_Directions for this task_
The answer must consist of every line in the records below that contains the string "Prelude".

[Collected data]
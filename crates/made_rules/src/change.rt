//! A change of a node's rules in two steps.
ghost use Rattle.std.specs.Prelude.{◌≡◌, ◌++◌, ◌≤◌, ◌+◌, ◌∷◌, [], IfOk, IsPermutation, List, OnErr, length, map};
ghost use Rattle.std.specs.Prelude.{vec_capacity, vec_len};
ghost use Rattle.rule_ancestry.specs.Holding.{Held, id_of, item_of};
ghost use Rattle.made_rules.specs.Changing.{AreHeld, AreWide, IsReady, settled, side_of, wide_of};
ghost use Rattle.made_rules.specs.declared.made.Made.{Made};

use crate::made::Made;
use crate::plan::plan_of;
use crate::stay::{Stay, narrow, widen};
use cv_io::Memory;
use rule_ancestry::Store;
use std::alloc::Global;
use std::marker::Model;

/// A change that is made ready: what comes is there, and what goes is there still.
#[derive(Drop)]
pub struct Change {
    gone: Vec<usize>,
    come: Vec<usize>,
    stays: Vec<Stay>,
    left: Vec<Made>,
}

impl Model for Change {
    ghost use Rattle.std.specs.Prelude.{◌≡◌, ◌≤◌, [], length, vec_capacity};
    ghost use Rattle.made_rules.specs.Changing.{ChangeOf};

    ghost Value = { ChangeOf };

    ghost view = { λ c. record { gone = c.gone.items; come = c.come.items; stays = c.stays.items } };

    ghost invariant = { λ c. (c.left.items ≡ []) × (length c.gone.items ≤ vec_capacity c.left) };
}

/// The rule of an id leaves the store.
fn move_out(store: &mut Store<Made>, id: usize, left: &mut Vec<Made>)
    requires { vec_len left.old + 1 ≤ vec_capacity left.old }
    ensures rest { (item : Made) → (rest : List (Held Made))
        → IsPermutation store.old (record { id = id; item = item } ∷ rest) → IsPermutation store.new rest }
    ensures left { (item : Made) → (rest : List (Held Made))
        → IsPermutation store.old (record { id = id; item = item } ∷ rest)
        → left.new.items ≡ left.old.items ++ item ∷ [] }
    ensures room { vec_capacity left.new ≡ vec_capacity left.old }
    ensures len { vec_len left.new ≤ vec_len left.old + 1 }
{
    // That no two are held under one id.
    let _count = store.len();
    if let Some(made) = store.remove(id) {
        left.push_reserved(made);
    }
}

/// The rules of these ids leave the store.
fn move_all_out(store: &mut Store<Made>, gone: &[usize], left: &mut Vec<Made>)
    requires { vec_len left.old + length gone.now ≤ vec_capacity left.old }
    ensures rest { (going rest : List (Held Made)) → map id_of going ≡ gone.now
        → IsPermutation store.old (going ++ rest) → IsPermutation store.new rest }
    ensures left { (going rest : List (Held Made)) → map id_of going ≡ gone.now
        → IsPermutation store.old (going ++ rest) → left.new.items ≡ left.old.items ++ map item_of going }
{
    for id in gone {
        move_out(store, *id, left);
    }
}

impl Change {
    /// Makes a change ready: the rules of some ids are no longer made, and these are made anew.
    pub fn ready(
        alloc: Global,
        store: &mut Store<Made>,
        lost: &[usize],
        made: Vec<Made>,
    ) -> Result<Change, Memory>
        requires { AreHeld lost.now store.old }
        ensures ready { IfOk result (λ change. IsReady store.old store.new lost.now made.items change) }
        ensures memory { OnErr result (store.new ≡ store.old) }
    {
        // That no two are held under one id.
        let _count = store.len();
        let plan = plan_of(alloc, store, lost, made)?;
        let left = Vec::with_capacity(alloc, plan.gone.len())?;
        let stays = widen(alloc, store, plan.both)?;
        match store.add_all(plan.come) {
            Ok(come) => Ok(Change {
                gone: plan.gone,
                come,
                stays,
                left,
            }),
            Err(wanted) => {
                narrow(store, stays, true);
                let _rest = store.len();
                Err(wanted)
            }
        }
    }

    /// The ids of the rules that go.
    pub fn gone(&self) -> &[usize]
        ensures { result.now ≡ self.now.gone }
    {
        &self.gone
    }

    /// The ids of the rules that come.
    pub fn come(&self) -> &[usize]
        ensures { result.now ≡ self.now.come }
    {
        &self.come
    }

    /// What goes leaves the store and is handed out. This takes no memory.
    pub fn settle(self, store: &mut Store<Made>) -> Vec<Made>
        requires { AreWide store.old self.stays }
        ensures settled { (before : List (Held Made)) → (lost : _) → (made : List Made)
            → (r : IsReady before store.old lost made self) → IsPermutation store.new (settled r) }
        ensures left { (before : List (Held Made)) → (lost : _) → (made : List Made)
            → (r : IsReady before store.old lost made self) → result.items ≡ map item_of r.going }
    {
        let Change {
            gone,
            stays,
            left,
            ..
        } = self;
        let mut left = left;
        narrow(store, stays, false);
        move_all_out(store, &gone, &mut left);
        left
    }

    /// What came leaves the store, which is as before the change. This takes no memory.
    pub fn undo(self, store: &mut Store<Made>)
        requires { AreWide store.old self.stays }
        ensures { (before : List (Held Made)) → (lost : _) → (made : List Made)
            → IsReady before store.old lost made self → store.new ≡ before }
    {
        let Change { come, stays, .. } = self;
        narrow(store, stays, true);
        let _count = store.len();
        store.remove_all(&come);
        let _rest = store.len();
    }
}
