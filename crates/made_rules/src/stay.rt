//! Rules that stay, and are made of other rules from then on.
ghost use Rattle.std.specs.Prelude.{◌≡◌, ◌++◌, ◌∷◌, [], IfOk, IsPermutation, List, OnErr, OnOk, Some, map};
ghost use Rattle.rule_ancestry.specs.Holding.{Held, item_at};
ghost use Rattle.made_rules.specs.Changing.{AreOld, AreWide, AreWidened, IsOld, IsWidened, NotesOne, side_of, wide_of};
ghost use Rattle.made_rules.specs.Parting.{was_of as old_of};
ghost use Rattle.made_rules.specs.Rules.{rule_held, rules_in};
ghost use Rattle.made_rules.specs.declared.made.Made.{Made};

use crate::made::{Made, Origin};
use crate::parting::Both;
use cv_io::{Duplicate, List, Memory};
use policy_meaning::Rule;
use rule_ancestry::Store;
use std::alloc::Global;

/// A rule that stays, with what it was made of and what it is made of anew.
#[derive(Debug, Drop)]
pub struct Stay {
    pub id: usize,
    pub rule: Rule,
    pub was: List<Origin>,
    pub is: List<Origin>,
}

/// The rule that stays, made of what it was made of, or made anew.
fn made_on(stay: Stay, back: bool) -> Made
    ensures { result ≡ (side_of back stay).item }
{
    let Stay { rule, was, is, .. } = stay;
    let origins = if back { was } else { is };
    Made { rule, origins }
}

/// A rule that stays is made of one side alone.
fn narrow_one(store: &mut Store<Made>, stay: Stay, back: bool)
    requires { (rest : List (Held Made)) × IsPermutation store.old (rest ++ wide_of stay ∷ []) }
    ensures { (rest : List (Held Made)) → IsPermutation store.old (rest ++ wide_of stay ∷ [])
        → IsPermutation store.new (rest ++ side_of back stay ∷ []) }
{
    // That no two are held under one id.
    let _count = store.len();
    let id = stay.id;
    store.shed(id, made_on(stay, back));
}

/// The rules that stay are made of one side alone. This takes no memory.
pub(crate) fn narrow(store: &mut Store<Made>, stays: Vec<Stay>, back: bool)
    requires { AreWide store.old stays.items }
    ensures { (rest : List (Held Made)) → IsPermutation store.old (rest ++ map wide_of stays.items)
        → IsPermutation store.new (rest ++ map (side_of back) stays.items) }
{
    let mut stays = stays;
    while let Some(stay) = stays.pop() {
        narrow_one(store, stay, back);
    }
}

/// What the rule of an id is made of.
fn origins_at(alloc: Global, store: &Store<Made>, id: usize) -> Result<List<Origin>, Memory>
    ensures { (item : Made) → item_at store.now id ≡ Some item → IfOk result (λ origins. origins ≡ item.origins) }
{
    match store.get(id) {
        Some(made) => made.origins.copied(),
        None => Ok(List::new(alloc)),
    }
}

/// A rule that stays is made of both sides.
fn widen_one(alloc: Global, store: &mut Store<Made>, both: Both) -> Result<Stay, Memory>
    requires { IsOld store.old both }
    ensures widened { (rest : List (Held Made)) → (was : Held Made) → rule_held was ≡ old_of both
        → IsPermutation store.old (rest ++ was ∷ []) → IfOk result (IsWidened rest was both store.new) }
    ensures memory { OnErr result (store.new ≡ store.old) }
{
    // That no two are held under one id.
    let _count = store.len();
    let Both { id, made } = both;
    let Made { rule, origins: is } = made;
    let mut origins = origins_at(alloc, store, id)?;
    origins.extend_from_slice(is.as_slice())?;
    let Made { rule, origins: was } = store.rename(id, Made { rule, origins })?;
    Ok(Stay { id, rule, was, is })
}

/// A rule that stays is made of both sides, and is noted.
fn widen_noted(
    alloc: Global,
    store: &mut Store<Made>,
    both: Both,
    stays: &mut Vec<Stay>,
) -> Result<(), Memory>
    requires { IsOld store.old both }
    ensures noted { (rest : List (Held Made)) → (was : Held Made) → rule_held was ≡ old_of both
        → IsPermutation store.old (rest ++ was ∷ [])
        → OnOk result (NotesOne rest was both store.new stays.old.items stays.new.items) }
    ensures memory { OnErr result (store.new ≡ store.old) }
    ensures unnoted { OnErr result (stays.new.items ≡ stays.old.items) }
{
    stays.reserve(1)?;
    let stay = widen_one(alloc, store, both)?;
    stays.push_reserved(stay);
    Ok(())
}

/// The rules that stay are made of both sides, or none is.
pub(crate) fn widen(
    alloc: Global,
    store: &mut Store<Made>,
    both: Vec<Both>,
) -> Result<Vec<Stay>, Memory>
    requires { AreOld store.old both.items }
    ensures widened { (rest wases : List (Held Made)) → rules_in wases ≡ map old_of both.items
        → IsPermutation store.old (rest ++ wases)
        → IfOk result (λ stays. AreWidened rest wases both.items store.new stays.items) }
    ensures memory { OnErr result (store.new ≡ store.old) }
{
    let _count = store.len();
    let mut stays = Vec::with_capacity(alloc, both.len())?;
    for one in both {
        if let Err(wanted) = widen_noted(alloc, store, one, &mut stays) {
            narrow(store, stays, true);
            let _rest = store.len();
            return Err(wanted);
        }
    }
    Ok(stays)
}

_Answer box_
ghost use Rattle.std.specs.Prelude.{◌≡◌, ◌++◌, ◌≤◌, ◌+◌, ◌∷◌, [], IfOk, IsPermutation, List, OnErr, length, map};
ghost use Rattle.std.specs.Prelude.{vec_capacity, vec_len};
    ghost use Rattle.std.specs.Prelude.{◌≡◌, ◌≤◌, [], length, vec_capacity};
ghost use Rattle.std.specs.Prelude.{◌≡◌, ◌++◌, ◌∷◌, [], IfOk, IsPermutation, List, OnErr, OnOk, Some, map};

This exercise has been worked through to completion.